What is required: Render every entry verbatim.

** Excerpted data follows **

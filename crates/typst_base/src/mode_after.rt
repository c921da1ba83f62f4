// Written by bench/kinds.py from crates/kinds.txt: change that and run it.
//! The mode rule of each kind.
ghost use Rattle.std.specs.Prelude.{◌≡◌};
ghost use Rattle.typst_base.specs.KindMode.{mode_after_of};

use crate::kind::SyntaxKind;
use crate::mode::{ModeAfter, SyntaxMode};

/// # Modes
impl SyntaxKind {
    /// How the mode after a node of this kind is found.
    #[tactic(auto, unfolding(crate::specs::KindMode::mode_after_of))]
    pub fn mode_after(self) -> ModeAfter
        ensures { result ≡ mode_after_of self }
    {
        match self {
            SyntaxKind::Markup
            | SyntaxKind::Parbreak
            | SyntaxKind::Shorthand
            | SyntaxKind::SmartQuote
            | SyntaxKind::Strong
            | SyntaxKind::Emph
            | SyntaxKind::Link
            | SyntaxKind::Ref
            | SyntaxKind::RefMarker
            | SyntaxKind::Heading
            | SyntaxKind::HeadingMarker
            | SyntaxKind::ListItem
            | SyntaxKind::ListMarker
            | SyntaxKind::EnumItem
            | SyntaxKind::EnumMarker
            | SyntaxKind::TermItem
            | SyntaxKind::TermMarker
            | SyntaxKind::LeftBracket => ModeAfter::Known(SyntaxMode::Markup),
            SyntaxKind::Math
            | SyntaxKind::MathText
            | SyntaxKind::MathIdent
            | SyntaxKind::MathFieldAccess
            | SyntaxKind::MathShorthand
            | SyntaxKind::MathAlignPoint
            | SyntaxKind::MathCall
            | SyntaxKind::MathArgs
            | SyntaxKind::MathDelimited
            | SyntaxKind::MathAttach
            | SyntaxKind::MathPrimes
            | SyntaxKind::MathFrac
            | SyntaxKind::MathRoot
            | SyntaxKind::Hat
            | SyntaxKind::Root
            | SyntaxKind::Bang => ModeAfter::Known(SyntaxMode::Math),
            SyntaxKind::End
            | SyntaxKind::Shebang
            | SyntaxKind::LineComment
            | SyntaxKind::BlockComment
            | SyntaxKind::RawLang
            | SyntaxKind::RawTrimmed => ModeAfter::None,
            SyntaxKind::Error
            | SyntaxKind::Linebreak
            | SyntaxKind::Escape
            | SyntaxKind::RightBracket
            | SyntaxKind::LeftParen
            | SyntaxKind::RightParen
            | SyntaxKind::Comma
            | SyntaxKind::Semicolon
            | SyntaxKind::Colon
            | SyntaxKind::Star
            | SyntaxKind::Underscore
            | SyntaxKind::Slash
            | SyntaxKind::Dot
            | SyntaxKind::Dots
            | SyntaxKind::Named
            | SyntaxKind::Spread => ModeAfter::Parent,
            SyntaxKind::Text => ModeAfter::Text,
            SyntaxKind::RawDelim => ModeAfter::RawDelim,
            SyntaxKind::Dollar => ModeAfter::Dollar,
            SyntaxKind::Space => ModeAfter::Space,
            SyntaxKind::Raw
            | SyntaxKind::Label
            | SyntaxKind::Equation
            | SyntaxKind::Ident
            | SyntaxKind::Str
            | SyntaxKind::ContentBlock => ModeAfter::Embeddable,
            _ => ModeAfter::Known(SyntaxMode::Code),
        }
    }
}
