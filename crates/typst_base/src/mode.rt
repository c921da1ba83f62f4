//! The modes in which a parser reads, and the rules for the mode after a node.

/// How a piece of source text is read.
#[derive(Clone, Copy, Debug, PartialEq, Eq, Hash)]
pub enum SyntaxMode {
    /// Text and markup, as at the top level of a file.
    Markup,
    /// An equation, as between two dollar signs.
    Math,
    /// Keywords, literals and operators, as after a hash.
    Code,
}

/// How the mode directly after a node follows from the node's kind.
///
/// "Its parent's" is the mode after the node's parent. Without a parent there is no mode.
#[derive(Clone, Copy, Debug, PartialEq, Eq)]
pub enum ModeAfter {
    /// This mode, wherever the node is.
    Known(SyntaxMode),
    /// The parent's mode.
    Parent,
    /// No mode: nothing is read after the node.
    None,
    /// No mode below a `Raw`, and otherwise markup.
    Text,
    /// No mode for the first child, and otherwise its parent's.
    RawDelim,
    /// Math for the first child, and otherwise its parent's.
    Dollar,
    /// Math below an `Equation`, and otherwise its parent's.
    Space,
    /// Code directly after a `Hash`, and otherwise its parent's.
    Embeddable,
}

** End of Excerpted data **

Answer box:
filename crates/typst_base/src/mode_after.rt
repository c921da1ba83f62f4
// Written by bench/kinds.py from crates/kinds.txt: change that and run it.
//! The mode rule of each kind.
ghost use Rattle.std.specs.Prelude.{◌≡◌};
ghost use Rattle.typst_base.specs.KindMode.{mode_after_of};

use crate::kind::SyntaxKind;
use crate::mode::{ModeAfter, SyntaxMode};

/// # Modes
impl SyntaxKind {
    /// How the mode after a node of this kind is found.
    #[tactic(auto, unfolding(crate::specs::KindMode::mode_after_of))]
    pub fn mode_after(self) -> ModeAfter
        ensures { result ≡ mode_after_of self }
    {
        match self {
            SyntaxKind::Markup
            | SyntaxKind::Parbreak
            | SyntaxKind::Shorthand
            | SyntaxKind::SmartQuote
            | SyntaxKind::Strong
            | SyntaxKind::Emph
            | SyntaxKind::Link
            | SyntaxKind::Ref
            | SyntaxKind::RefMarker
            | SyntaxKind::Heading
            | SyntaxKind::HeadingMarker
            | SyntaxKind::ListItem
            | SyntaxKind::ListMarker
            | SyntaxKind::EnumItem
            | SyntaxKind::EnumMarker
            | SyntaxKind::TermItem
            | SyntaxKind::TermMarker
            | SyntaxKind::LeftBracket => ModeAfter::Known(SyntaxMode::Markup),
            SyntaxKind::Math
            | SyntaxKind::MathText
            | SyntaxKind::MathIdent
            | SyntaxKind::MathFieldAccess
            | SyntaxKind::MathShorthand
            | SyntaxKind::MathAlignPoint
            | SyntaxKind::MathCall
            | SyntaxKind::MathArgs
            | SyntaxKind::MathDelimited
            | SyntaxKind::MathAttach
            | SyntaxKind::MathPrimes
            | SyntaxKind::MathFrac
            | SyntaxKind::MathRoot
            | SyntaxKind::Hat
            | SyntaxKind::Root
            | SyntaxKind::Bang => ModeAfter::Known(SyntaxMode::Math),
            SyntaxKind::End
            | SyntaxKind::Shebang
            | SyntaxKind::LineComment
            | SyntaxKind::BlockComment
            | SyntaxKind::RawLang
            | SyntaxKind::RawTrimmed => ModeAfter::None,
            SyntaxKind::Error
            | SyntaxKind::Linebreak
            | SyntaxKind::Escape
            | SyntaxKind::RightBracket
            | SyntaxKind::LeftParen
            | SyntaxKind::RightParen
            | SyntaxKind::Comma
            | SyntaxKind::Semicolon
            | SyntaxKind::Colon
            | SyntaxKind::Star
            | SyntaxKind::Underscore
            | SyntaxKind::Slash
            | SyntaxKind::Dot
            | SyntaxKind::Dots
            | SyntaxKind::Named
            | SyntaxKind::Spread => ModeAfter::Parent,
            SyntaxKind::Text => ModeAfter::Text,
            SyntaxKind::RawDelim => ModeAfter::RawDelim,
            SyntaxKind::Dollar => ModeAfter::Dollar,
            SyntaxKind::Space => ModeAfter::Space,
            SyntaxKind::Raw
            | SyntaxKind::Label
            | SyntaxKind::Equation
            | SyntaxKind::Ident
            | SyntaxKind::Str
            | SyntaxKind::ContentBlock => ModeAfter::Embeddable,
            _ => ModeAfter::Known(SyntaxMode::Code),
        }
    }
}
filename crates/typst_base/src/mode.rt
repository c921da1ba83f62f4
//! The modes in which a parser reads, and the rules for the mode after a node.

/// How a piece of source text is read.
#[derive(Clone, Copy, Debug, PartialEq, Eq, Hash)]
pub enum SyntaxMode {
    /// Text and markup, as at the top level of a file.
    Markup,
    /// An equation, as between two dollar signs.
    Math,
    /// Keywords, literals and operators, as after a hash.
    Code,
}

/// How the mode directly after a node follows from the node's kind.
///
/// "Its parent's" is the mode after the node's parent. Without a parent there is no mode.
#[derive(Clone, Copy, Debug, PartialEq, Eq)]
pub enum ModeAfter {
    /// This mode, wherever the node is.
    Known(SyntaxMode),
    /// The parent's mode.
    Parent,
    /// No mode: nothing is read after the node.
    None,
    /// No mode below a `Raw`, and otherwise markup.
    Text,
    /// No mode for the first child, and otherwise its parent's.
    RawDelim,
    /// Math for the first child, and otherwise its parent's.
    Dollar,
    /// Math below an `Equation`, and otherwise its parent's.
    Space,
    /// Code directly after a `Hash`, and otherwise its parent's.
    Embeddable,
}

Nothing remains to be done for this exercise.